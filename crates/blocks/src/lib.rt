// The commands on blocks: Erase, Close and Free. Write by placement opens blocks too: what is asked
// for a new block and the opening itself serve it from here.
#![tactic(auto)]

mod closing;
mod erasing;
mod opening;

pub use closing::{close, free};
pub use erasing::{ANY_BLOCK, erase};
pub use opening::{Opened, new_blocks_verdict, opened_for};
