// Close and Free.
ghost use Rattle.std.specs.Prelude.{List, [], ◌∷◌, ◌≡◌, ℕ};
ghost use Rattle.geometry.specs.Address.{is_block};
ghost use Rattle.geometry.specs.Questions as question;
ghost use Rattle.model.specs.declared.command.Command.TheVariants.{Close, Free};
ghost use Rattle.model.specs.declared.table.Table.{Table};
ghost use Rattle.rules.specs.Drive.{held_by};
ghost use Rattle.scan.specs.First.{FirstPassed};
ghost use Rattle.scan.specs.Summary.{Seen, Sees, SeesBlock};
ghost use Rattle.tables.specs.Changing.{outcome_from, outcome_served};
ghost use Rattle.tables.specs.Serving.{ServesCommand, served};
ghost use Rattle.tables.specs.Verdicts.{verdict_number};

use model::{Answer, Refusal};
use scan::Summary;
use tables::{Outcome, ask, block_change, is_held};

// 6 and 9, what Close and Free are asked.
#[tactic(auto, using(tables::proofs::Refusals::refusal_positive), unfolding(geometry::specs::Questions::first_no))]
fn held_block_verdict(summary: Summary, domain: u64, block: u64) -> Result<(), Refusal>
    ensures { verdict_number result ≡ question.first_no (question.ask 6 (is_block summary.config block) ∷ question.ask 9 (held_by domain summary.block) ∷ []) }
{
    ask(block < summary.config.blocks, Refusal::Range)?;
    ask(is_held(summary.block, domain), Refusal::Holder)
}

// An open block becomes Closed; a Closed one stays as it is.
pub fn close(summary: Summary, domain: u64, block: u64) -> Result<Outcome, Refusal>
    requires { Seen domain summary × FirstPassed (Close domain block) 0 summary }
    ensures { (t : Table) (store words bytes : List ℕ) → Sees t domain summary → SeesBlock t block summary → ServesCommand t (Close domain block) store words bytes (served (outcome_served t (outcome_from result)) store words bytes) }
{
    held_block_verdict(summary, domain, block)?;
    Ok(Outcome {
        answer: Answer::Block(block),
        change: block_change(block, summary.block.closed()),
    })
}

// A held block becomes Free; the store keeps its entries.
pub fn free(summary: Summary, domain: u64, block: u64) -> Result<Outcome, Refusal>
    requires { Seen domain summary × FirstPassed (Free domain block) 0 summary }
    ensures { (t : Table) (store words bytes : List ℕ) → Sees t domain summary → SeesBlock t block summary → ServesCommand t (Free domain block) store words bytes (served (outcome_served t (outcome_from result)) store words bytes) }
{
    held_block_verdict(summary, domain, block)?;
    Ok(Outcome {
        answer: Answer::Block(block),
        change: block_change(block, summary.block.freed()),
    })
}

**Problem requirements**
Retype the material in full, keeping each line exactly as it is.

**Written reply**
filename crates/blocks/src/lib.rt
// The commands on blocks: Erase, Close and Free. Write by placement opens blocks too: what is asked
// for a new block and the opening itself serve it from here.
#![tactic(auto)]

mod closing;
mod erasing;
mod opening;

pub use closing::{close, free};
pub use erasing::{ANY_BLOCK, erase};
pub use opening::{Opened, new_blocks_verdict, opened_for};
// Close and Free.
ghost use Rattle.std.specs.Prelude.{List, [], ◌∷◌, ◌≡◌, ℕ};
ghost use Rattle.geometry.specs.Address.{is_block};
ghost use Rattle.geometry.specs.Questions as question;
ghost use Rattle.model.specs.declared.command.Command.TheVariants.{Close, Free};
ghost use Rattle.model.specs.declared.table.Table.{Table};
ghost use Rattle.rules.specs.Drive.{held_by};
ghost use Rattle.scan.specs.First.{FirstPassed};
ghost use Rattle.scan.specs.Summary.{Seen, Sees, SeesBlock};
ghost use Rattle.tables.specs.Changing.{outcome_from, outcome_served};
ghost use Rattle.tables.specs.Serving.{ServesCommand, served};
ghost use Rattle.tables.specs.Verdicts.{verdict_number};

use model::{Answer, Refusal};
use scan::Summary;
use tables::{Outcome, ask, block_change, is_held};

// 6 and 9, what Close and Free are asked.
#[tactic(auto, using(tables::proofs::Refusals::refusal_positive), unfolding(geometry::specs::Questions::first_no))]
fn held_block_verdict(summary: Summary, domain: u64, block: u64) -> Result<(), Refusal>
    ensures { verdict_number result ≡ question.first_no (question.ask 6 (is_block summary.config block) ∷ question.ask 9 (held_by domain summary.block) ∷ []) }
{
    ask(block < summary.config.blocks, Refusal::Range)?;
    ask(is_held(summary.block, domain), Refusal::Holder)
}

// An open block becomes Closed; a Closed one stays as it is.
pub fn close(summary: Summary, domain: u64, block: u64) -> Result<Outcome, Refusal>
    requires { Seen domain summary × FirstPassed (Close domain block) 0 summary }
    ensures { (t : Table) (store words bytes : List ℕ) → Sees t domain summary → SeesBlock t block summary → ServesCommand t (Close domain block) store words bytes (served (outcome_served t (outcome_from result)) store words bytes) }
{
    held_block_verdict(summary, domain, block)?;
    Ok(Outcome {
        answer: Answer::Block(block),
        change: block_change(block, summary.block.closed()),
    })
}

// A held block becomes Free; the store keeps its entries.
pub fn free(summary: Summary, domain: u64, block: u64) -> Result<Outcome, Refusal>
    requires { Seen domain summary × FirstPassed (Free domain block) 0 summary }
    ensures { (t : Table) (store words bytes : List ℕ) → Sees t domain summary → SeesBlock t block summary → ServesCommand t (Free domain block) store words bytes (served (outcome_served t (outcome_from result)) store words bytes) }
{
    held_block_verdict(summary, domain, block)?;
    Ok(Outcome {
        answer: Answer::Block(block),
        change: block_change(block, summary.block.freed()),
    })
}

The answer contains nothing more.